┌──
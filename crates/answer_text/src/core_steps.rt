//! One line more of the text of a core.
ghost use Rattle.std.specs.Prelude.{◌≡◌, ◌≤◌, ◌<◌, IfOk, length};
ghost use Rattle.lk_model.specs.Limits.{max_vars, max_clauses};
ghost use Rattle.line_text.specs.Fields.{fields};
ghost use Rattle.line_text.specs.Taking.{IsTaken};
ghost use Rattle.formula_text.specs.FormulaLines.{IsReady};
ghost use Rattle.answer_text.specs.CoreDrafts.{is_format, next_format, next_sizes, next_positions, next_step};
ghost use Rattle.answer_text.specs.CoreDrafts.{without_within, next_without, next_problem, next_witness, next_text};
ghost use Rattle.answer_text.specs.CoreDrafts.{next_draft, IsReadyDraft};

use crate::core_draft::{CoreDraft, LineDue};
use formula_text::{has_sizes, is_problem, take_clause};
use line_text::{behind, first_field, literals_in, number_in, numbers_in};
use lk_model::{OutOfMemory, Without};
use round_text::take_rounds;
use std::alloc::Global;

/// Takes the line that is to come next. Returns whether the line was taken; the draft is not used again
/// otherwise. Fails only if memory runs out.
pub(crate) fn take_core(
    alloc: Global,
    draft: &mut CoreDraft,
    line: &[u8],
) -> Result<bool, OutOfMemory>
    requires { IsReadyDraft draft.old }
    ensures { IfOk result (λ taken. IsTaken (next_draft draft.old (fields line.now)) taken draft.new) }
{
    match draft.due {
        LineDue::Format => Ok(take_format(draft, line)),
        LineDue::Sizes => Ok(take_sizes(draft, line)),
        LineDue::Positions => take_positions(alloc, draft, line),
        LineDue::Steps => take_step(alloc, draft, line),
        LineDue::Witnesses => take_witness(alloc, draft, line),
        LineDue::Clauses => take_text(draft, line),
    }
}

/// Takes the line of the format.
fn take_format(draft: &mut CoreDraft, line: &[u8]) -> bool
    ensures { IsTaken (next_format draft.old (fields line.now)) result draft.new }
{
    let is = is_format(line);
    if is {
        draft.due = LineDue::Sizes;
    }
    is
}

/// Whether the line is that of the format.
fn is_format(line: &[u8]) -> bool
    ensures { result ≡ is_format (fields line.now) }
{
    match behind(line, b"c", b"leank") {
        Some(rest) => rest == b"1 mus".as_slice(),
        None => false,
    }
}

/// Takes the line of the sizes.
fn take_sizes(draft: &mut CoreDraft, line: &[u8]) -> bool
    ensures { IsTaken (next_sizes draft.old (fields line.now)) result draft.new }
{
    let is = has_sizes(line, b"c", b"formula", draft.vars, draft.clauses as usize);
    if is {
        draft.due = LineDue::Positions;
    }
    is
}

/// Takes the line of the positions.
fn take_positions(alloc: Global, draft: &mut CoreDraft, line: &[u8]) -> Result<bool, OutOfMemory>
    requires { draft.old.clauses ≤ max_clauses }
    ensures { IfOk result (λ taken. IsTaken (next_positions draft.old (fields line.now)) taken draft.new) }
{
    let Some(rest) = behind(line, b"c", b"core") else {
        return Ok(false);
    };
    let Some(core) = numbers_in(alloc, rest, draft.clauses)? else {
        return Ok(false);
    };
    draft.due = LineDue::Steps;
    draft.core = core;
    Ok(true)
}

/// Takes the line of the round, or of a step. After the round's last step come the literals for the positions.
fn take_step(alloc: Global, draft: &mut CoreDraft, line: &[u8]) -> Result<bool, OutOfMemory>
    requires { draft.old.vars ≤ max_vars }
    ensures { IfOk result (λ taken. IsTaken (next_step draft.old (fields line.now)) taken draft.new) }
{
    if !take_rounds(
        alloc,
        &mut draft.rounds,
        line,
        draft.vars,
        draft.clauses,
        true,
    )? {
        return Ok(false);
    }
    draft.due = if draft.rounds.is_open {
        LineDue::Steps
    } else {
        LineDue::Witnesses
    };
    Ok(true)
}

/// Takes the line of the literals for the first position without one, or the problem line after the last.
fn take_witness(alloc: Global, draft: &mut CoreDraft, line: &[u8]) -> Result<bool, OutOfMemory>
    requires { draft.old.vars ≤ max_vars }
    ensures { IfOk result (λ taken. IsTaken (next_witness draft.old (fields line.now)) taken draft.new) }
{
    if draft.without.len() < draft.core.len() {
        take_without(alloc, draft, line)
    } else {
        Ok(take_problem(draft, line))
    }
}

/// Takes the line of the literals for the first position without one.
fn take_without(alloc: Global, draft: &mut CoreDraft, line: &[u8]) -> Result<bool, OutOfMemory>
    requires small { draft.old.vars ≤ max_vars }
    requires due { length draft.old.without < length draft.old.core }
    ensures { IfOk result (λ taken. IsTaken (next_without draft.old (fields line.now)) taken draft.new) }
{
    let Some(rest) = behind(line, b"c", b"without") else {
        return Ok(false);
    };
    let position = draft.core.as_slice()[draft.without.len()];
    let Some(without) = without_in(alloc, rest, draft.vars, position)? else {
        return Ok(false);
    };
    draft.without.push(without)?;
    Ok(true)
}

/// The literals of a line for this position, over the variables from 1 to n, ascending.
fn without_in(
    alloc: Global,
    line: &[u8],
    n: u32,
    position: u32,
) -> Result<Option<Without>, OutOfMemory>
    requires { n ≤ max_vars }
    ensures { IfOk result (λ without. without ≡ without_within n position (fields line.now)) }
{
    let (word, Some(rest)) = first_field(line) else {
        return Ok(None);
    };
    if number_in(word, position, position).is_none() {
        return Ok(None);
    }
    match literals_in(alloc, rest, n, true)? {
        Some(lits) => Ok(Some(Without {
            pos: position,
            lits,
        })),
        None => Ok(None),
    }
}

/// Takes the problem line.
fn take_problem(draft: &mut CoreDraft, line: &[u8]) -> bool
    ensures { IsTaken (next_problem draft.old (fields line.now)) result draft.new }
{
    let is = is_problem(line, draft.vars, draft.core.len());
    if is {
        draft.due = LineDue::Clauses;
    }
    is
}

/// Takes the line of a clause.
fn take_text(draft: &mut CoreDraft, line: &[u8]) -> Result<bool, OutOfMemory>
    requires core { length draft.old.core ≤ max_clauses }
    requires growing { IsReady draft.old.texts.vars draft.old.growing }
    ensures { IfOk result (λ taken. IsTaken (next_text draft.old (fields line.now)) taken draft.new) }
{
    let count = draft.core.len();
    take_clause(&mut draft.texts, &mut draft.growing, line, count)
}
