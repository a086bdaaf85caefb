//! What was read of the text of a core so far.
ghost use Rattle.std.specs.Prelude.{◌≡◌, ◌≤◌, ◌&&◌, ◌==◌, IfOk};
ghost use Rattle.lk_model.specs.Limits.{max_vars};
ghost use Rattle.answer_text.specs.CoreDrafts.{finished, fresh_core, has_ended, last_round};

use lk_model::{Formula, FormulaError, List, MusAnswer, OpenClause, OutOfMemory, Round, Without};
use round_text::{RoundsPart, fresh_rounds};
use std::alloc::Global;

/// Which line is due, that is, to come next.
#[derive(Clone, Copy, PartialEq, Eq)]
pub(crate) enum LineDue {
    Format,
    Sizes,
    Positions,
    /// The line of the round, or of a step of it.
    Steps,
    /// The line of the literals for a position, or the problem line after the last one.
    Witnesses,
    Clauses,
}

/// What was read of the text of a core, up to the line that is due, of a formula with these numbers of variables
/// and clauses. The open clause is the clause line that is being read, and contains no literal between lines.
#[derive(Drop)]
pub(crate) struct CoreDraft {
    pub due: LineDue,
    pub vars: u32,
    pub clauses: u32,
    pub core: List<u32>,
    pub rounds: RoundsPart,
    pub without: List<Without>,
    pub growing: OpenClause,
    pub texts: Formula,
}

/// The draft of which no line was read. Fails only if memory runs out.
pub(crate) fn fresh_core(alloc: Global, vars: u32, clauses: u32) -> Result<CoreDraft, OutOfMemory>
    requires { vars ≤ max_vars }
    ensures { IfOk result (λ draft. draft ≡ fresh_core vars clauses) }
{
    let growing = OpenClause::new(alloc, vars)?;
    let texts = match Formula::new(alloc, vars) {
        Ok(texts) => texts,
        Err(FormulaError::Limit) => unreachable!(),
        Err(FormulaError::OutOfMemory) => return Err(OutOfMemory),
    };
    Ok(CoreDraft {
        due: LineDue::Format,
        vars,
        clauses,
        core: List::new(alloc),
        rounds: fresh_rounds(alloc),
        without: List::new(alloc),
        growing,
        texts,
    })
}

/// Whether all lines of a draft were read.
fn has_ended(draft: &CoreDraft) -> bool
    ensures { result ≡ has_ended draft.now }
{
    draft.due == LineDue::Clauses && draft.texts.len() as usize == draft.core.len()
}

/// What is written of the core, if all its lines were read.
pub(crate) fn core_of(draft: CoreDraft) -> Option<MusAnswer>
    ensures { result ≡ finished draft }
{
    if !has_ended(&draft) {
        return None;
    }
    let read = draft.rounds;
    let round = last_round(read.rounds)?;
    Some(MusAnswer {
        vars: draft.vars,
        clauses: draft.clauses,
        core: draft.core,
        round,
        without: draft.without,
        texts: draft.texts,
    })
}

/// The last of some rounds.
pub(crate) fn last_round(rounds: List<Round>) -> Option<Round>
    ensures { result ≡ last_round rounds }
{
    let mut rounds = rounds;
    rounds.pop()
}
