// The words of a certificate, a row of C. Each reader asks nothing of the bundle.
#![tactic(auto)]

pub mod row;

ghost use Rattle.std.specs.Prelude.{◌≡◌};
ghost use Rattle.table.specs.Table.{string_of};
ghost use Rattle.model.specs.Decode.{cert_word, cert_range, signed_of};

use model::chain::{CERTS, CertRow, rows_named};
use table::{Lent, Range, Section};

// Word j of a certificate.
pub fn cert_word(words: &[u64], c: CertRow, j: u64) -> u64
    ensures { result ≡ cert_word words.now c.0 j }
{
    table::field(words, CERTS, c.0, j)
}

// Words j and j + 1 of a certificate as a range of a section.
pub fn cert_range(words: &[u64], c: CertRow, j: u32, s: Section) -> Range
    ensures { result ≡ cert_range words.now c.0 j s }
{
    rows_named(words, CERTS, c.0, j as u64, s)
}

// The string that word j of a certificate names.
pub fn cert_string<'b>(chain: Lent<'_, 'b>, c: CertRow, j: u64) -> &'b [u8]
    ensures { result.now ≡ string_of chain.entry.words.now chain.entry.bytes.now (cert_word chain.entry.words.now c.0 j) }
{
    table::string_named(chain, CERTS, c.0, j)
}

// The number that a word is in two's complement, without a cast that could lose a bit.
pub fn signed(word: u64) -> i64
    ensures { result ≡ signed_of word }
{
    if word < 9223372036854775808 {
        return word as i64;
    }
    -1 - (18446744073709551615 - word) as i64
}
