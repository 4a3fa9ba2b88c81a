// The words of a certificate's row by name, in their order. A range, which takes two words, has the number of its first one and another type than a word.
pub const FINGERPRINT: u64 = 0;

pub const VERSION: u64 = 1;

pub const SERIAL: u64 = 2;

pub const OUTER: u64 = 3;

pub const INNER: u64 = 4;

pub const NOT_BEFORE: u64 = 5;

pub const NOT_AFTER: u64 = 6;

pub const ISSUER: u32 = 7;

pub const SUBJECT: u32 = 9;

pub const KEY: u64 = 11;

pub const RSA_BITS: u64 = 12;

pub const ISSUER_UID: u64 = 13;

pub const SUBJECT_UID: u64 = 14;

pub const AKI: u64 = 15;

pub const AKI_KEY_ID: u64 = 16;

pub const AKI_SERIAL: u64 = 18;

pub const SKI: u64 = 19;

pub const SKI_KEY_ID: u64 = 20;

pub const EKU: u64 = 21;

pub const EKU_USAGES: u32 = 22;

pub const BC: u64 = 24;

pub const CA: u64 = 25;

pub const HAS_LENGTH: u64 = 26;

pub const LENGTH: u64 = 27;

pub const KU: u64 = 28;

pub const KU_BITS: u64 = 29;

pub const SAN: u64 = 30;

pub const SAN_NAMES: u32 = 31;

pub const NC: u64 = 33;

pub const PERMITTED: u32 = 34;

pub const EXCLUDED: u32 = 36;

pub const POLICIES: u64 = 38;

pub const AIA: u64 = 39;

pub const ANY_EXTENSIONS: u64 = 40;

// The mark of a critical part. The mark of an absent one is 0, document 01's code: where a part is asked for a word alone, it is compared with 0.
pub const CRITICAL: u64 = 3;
└──
WHAT THE TASK ASKS
Would you restate, word for word, every line of the listing from its first line through the line with "not used again"?

YOUR SOLUTION
filename crates/answer_text/src/core_steps.rt
//! One line more of the text of a core.
ghost use Rattle.std.specs.Prelude.{◌≡◌, ◌≤◌, ◌<◌, IfOk, length};
ghost use Rattle.lk_model.specs.Limits.{max_vars, max_clauses};
ghost use Rattle.line_text.specs.Fields.{fields};
ghost use Rattle.line_text.specs.Taking.{IsTaken};
ghost use Rattle.formula_text.specs.FormulaLines.{IsReady};
ghost use Rattle.answer_text.specs.CoreDrafts.{is_format, next_format, next_sizes, next_positions, next_step};
ghost use Rattle.answer_text.specs.CoreDrafts.{without_within, next_without, next_problem, next_witness, next_text};
ghost use Rattle.answer_text.specs.CoreDrafts.{next_draft, IsReadyDraft};

use crate::core_draft::{CoreDraft, LineDue};
use formula_text::{has_sizes, is_problem, take_clause};
use line_text::{behind, first_field, literals_in, number_in, numbers_in};
use lk_model::{OutOfMemory, Without};
use round_text::take_rounds;
use std::alloc::Global;

/// Takes the line that is to come next. Returns whether the line was taken; the draft is not used again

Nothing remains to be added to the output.